Brief: Please reproduce the records, omitting nothing and changing nothing.

Data:
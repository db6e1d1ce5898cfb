//! How a run of the program ends, as a value, and what writes it.
ghost use Rattle.std.specs.Prelude.{◌≡◌, List, ℕ, IfSome, IsNone};
ghost use Rattle.std.specs.Io.KnownBytes.{Appends};
ghost use Rattle.line_intake.specs.Written.{Wrote};
ghost use Rattle.site_commands.specs.Endings.{Ends, EndsPages, GrowsBy, SaysRefusal, Writes};
ghost use Rattle.site_commands.specs.Names.{lent};
ghost use Rattle.site_commands.specs.Comes.{IsLine, IsToldBeside};

use crate::hint::Hint;
use crate::line::{Refusal, line_of, made_lines};
use crate::names::Names;
use crate::progress::Progress;
use attributes::Text;
use databases::EventPages;
use line_intake::put;
use std::alloc::Global;
use std::io::Write;
use std::mem;

/// The status of a run that printed a result.
pub const DONE: u8 = 0;
/// The status of a run that was refused, or whose output could not be written.
pub const REFUSED: u8 = 1;
/// The status of words that are at fault, or ask for help or the version.
const FAULTY: u8 = 2;

/// What is said where memory ran out.
const NO_MEMORY: &str = "site: out of memory\n";

/// What a run comes to, before anything is written.
#[derive(Drop)]
pub enum Ending {
    /// The answer, for standard output: status 0.
    Answer(Text),
    /// The answer, for standard output, and the lines of what was made for it, for standard error:
    /// status 0.
    Told { text: Text, made: Text },
    /// The answer in pages, each a line that is made when it is written, for standard output:
    /// status 0. Memory that runs out between two pages ends it with 1 and a line on
    /// standard error.
    Pages(EventPages),
    /// What a check found to be at fault, for standard output: status 1.
    Findings(Text),
    /// Help or the version, asked for, for standard output: status 2.
    Help(Text),
    /// What is said of faulty words, for standard error: status 2.
    Faulty(Text),
    /// Why there is no answer, one line for standard error: status 1. Who looks on gets the hint
    /// too, where there is one.
    Refused { line: Text, hint: Option<Hint> },
    /// Why the answers of parts make none of the whole, one line for standard error: status 1. Who
    /// looks on gets the hint too, where there is one.
    Uncombined { line: Text, hint: Option<Hint> },
    /// Which part's file couldn't be written, one line for standard error: status 1. Who looks on
    /// gets the hint too, where there is one.
    Unsaved { line: Text, hint: Option<Hint> },
    /// Memory ran out, which a line on standard error says: status 1.
    NoMemory,
}

/// A line that stands on standard error: a hint is given behind it alone.
#[derive(Clone, Copy)]
pub struct Shown {
    _private: (),
}

/// Writes the ending to the stream that it is for, and answers the status; what was made is told
/// first, on standard error. A write that fails ends with 1, and nothing more is written.
pub fn finish<O: Write, E: Write, P: Progress>(
    ending: Ending,
    out: &mut O,
    err: &mut E,
    progress: &P,
) -> u8
    ensures { Ends ending result (O.contents out.old) (O.contents out.new) (E.contents err.old)
        (E.contents err.new) }
{
    match ending {
        Ending::Answer(text) => print(out, text.as_str(), DONE),
        Ending::Told { text, made } => {
            tell(err, made.as_str());
            print(out, text.as_str(), DONE)
        }
        Ending::Pages(mut pages) => {
            let status = print_pages(out, err, &mut pages);
            // The program ends next: the memory of the events is left to the operating system.
            mem::forget(pages);
            status
        }
        Ending::Findings(text) => print(out, text.as_str(), REFUSED),
        Ending::Help(text) => print(out, text.as_str(), FAULTY),
        Ending::Faulty(text) => print(err, text.as_str(), FAULTY),
        Ending::Refused { line, hint } => refuse(err, line.as_str(), hint, progress),
        Ending::Uncombined { line, hint } => refuse(err, line.as_str(), hint, progress),
        Ending::Unsaved { line, hint } => refuse(err, line.as_str(), hint, progress),
        Ending::NoMemory => print(err, NO_MEMORY, REFUSED),
    }
}

/// Writes to standard output the pages that are left, each as it is made.
fn print_pages<O: Write, E: Write>(out: &mut O, err: &mut E, left: &mut EventPages) -> u8
    ensures { EndsPages left.old result (O.contents out.old) (O.contents out.new)
        (E.contents err.old) (E.contents err.new) }
{
    let most = left.most();
    for page in 0..most {
        match left.next_line() {
            Ok(Some(line)) => match put(out, line.as_str().as_bytes()) {
                Ok(()) => {}
                Err(_) => return REFUSED,
            },
            Ok(None) => return DONE,
            Err(_) => return print(err, NO_MEMORY, REFUSED),
        }
    }
    DONE
}

/// Writes a text to a stream. The answer is the exit status, or a refusal's if the writing fails.
fn print<W: Write>(to: &mut W, text: &str, status: u8) -> u8
    ensures { Writes result status (W.contents to.old) (W.contents to.new) text.now }
{
    match put(to, text.as_bytes()) {
        Ok(()) => status,
        Err(_) => REFUSED,
    }
}

/// Writes to standard error what was made, as far as it can be written.
fn tell<E: Write>(err: &mut E, made: &str)
    ensures { GrowsBy (E.contents err.old) (E.contents err.new) made.now }
{
    let _told = put(err, made.as_bytes());
}

/// Writes the error line of a refusal, and behind it gives the hint, where there is one.
fn refuse<E: Write, P: Progress>(err: &mut E, line: &str, hint: Option<Hint>, progress: &P) -> u8
    ensures { Writes result 1 (E.contents err.old) (E.contents err.new) line.now }
{
    if let Some(shown) = show(err, line) {
        if let Some(hint) = hint {
            progress.hint(shown, hint.as_str());
        }
    }
    REFUSED
}

/// Writes an error line; none is shown where it couldn't be written whole.
fn show<E: Write>(err: &mut E, line: &str) -> Option<Shown>
    ensures some { IfSome result
        (λ _. Appends (E.contents err.old) (E.contents err.new) line.now) }
    ensures none { IsNone result → (rest : List ℕ)
        × Wrote (E.contents err.old) (E.contents err.new) line.now rest }
{
    match put(err, line.as_bytes()) {
        Ok(()) => Some(Shown { _private: () }),
        Err(_) => None,
    }
}

/// The ending of a refusal of a program's plan that names these: its error line, where memory is
/// left for it, and the hint behind it.
pub fn refused(alloc: Global, names: Names<'_>, refusal: Refusal, hint: Option<Hint>) -> Ending
    ensures { IsLine (lent names.entry) refusal result }
{
    match line_of(alloc, names, refusal) {
        Ok(line) => Ending::Refused { line, hint },
        Err(_) => Ending::NoMemory,
    }
}

/// The ending of a plan's answer, for which the file of that database was made, or a service in it,
/// or neither.
pub fn answered(
    alloc: Global,
    db: &str,
    text: Text,
    is_file_made: bool,
    is_service_made: bool,
) -> Ending
    ensures { IsToldBeside db.now is_file_made is_service_made text result }
{
    if !is_file_made && !is_service_made {
        return Ending::Answer(text);
    }
    match made_lines(alloc, db, is_file_made, is_service_made) {
        Ok(made) => Ending::Told { text, made },
        Err(_) => Ending::NoMemory,
    }
}

/// Writes the error line of a refusal of a plan that names these, or, where memory is wanted for
/// it, the line that says so; behind the line it gives the hint.
pub fn say<E: Write, P: Progress>(
    alloc: Global,
    names: Names<'_>,
    refusal: Refusal,
    hint: Option<Hint>,
    err: &mut E,
    progress: &P,
) -> u8
    ensures { SaysRefusal (lent names.entry) refusal result (E.contents err.old)
        (E.contents err.new) }
{
    match line_of(alloc, names, refusal) {
        Ok(line) => refuse(err, line.as_str(), hint, progress),
        Err(_) => print(err, NO_MEMORY, REFUSED),
    }
}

Task result:
repository db6e1d1ce5898cfb
//! How a run of the program ends, as a value, and what writes it.
ghost use Rattle.std.specs.Prelude.{◌≡◌, List, ℕ, IfSome, IsNone};
ghost use Rattle.std.specs.Io.KnownBytes.{Appends};
ghost use Rattle.line_intake.specs.Written.{Wrote};
ghost use Rattle.site_commands.specs.Endings.{Ends, EndsPages, GrowsBy, SaysRefusal, Writes};
ghost use Rattle.site_commands.specs.Names.{lent};
ghost use Rattle.site_commands.specs.Comes.{IsLine, IsToldBeside};

use crate::hint::Hint;
use crate::line::{Refusal, line_of, made_lines};
use crate::names::Names;
use crate::progress::Progress;
use attributes::Text;
use databases::EventPages;
use line_intake::put;
use std::alloc::Global;
use std::io::Write;
use std::mem;

/// The status of a run that printed a result.
pub const DONE: u8 = 0;
/// The status of a run that was refused, or whose output could not be written.
pub const REFUSED: u8 = 1;
/// The status of words that are at fault, or ask for help or the version.
const FAULTY: u8 = 2;

/// What is said where memory ran out.
const NO_MEMORY: &str = "site: out of memory\n";

/// What a run comes to, before anything is written.
#[derive(Drop)]
pub enum Ending {
    /// The answer, for standard output: status 0.
    Answer(Text),
    /// The answer, for standard output, and the lines of what was made for it, for standard error:
    /// status 0.
    Told { text: Text, made: Text },
    /// The answer in pages, each a line that is made when it is written, for standard output:
    /// status 0. Memory that runs out between two pages ends it with 1 and a line on
    /// standard error.
    Pages(EventPages),
    /// What a check found to be at fault, for standard output: status 1.
    Findings(Text),
    /// Help or the version, asked for, for standard output: status 2.
    Help(Text),
    /// What is said of faulty words, for standard error: status 2.
    Faulty(Text),
    /// Why there is no answer, one line for standard error: status 1. Who looks on gets the hint
    /// too, where there is one.
    Refused { line: Text, hint: Option<Hint> },
    /// Why the answers of parts make none of the whole, one line for standard error: status 1. Who
    /// looks on gets the hint too, where there is one.
    Uncombined { line: Text, hint: Option<Hint> },
    /// Which part's file couldn't be written, one line for standard error: status 1. Who looks on
    /// gets the hint too, where there is one.
    Unsaved { line: Text, hint: Option<Hint> },
    /// Memory ran out, which a line on standard error says: status 1.
    NoMemory,
}

/// A line that stands on standard error: a hint is given behind it alone.
#[derive(Clone, Copy)]
pub struct Shown {
    _private: (),
}

/// Writes the ending to the stream that it is for, and answers the status; what was made is told
/// first, on standard error. A write that fails ends with 1, and nothing more is written.
pub fn finish<O: Write, E: Write, P: Progress>(
    ending: Ending,
    out: &mut O,
    err: &mut E,
    progress: &P,
) -> u8
    ensures { Ends ending result (O.contents out.old) (O.contents out.new) (E.contents err.old)
        (E.contents err.new) }
{
    match ending {
        Ending::Answer(text) => print(out, text.as_str(), DONE),
        Ending::Told { text, made } => {
            tell(err, made.as_str());
            print(out, text.as_str(), DONE)
        }
        Ending::Pages(mut pages) => {
            let status = print_pages(out, err, &mut pages);
            // The program ends next: the memory of the events is left to the operating system.
            mem::forget(pages);
            status
        }
        Ending::Findings(text) => print(out, text.as_str(), REFUSED),
        Ending::Help(text) => print(out, text.as_str(), FAULTY),
        Ending::Faulty(text) => print(err, text.as_str(), FAULTY),
        Ending::Refused { line, hint } => refuse(err, line.as_str(), hint, progress),
        Ending::Uncombined { line, hint } => refuse(err, line.as_str(), hint, progress),
        Ending::Unsaved { line, hint } => refuse(err, line.as_str(), hint, progress),
        Ending::NoMemory => print(err, NO_MEMORY, REFUSED),
    }
}

/// Writes to standard output the pages that are left, each as it is made.
fn print_pages<O: Write, E: Write>(out: &mut O, err: &mut E, left: &mut EventPages) -> u8
    ensures { EndsPages left.old result (O.contents out.old) (O.contents out.new)
        (E.contents err.old) (E.contents err.new) }
{
    let most = left.most();
    for page in 0..most {
        match left.next_line() {
            Ok(Some(line)) => match put(out, line.as_str().as_bytes()) {
                Ok(()) => {}
                Err(_) => return REFUSED,
            },
            Ok(None) => return DONE,
            Err(_) => return print(err, NO_MEMORY, REFUSED),
        }
    }
    DONE
}

/// Writes a text to a stream. The answer is the exit status, or a refusal's if the writing fails.
fn print<W: Write>(to: &mut W, text: &str, status: u8) -> u8
    ensures { Writes result status (W.contents to.old) (W.contents to.new) text.now }
{
    match put(to, text.as_bytes()) {
        Ok(()) => status,
        Err(_) => REFUSED,
    }
}

/// Writes to standard error what was made, as far as it can be written.
fn tell<E: Write>(err: &mut E, made: &str)
    ensures { GrowsBy (E.contents err.old) (E.contents err.new) made.now }
{
    let _told = put(err, made.as_bytes());
}

/// Writes the error line of a refusal, and behind it gives the hint, where there is one.
fn refuse<E: Write, P: Progress>(err: &mut E, line: &str, hint: Option<Hint>, progress: &P) -> u8
    ensures { Writes result 1 (E.contents err.old) (E.contents err.new) line.now }
{
    if let Some(shown) = show(err, line) {
        if let Some(hint) = hint {
            progress.hint(shown, hint.as_str());
        }
    }
    REFUSED
}

/// Writes an error line; none is shown where it couldn't be written whole.
fn show<E: Write>(err: &mut E, line: &str) -> Option<Shown>
    ensures some { IfSome result
        (λ _. Appends (E.contents err.old) (E.contents err.new) line.now) }
    ensures none { IsNone result → (rest : List ℕ)
        × Wrote (E.contents err.old) (E.contents err.new) line.now rest }
{
    match put(err, line.as_bytes()) {
        Ok(()) => Some(Shown { _private: () }),
        Err(_) => None,
    }
}

/// The ending of a refusal of a program's plan that names these: its error line, where memory is
/// left for it, and the hint behind it.
pub fn refused(alloc: Global, names: Names<'_>, refusal: Refusal, hint: Option<Hint>) -> Ending
    ensures { IsLine (lent names.entry) refusal result }
{
    match line_of(alloc, names, refusal) {
        Ok(line) => Ending::Refused { line, hint },
        Err(_) => Ending::NoMemory,
    }
}

/// The ending of a plan's answer, for which the file of that database was made, or a service in it,
/// or neither.
pub fn answered(
    alloc: Global,
    db: &str,
    text: Text,
    is_file_made: bool,
    is_service_made: bool,
) -> Ending
    ensures { IsToldBeside db.now is_file_made is_service_made text result }
{
    if !is_file_made && !is_service_made {
        return Ending::Answer(text);
    }
    match made_lines(alloc, db, is_file_made, is_service_made) {
        Ok(made) => Ending::Told { text, made },
        Err(_) => Ending::NoMemory,
    }
}

/// Writes the error line of a refusal of a plan that names these, or, where memory is wanted for
/// it, the line that says so; behind the line it gives the hint.
pub fn say<E: Write, P: Progress>(
    alloc: Global,
    names: Names<'_>,
    refusal: Refusal,
    hint: Option<Hint>,
    err: &mut E,
    progress: &P,
) -> u8
    ensures { SaysRefusal (lent names.entry) refusal result (E.contents err.old)
        (E.contents err.new) }
{
    match line_of(alloc, names, refusal) {
        Ok(line) => refuse(err, line.as_str(), hint, progress),
        Err(_) => print(err, NO_MEMORY, REFUSED),
    }
}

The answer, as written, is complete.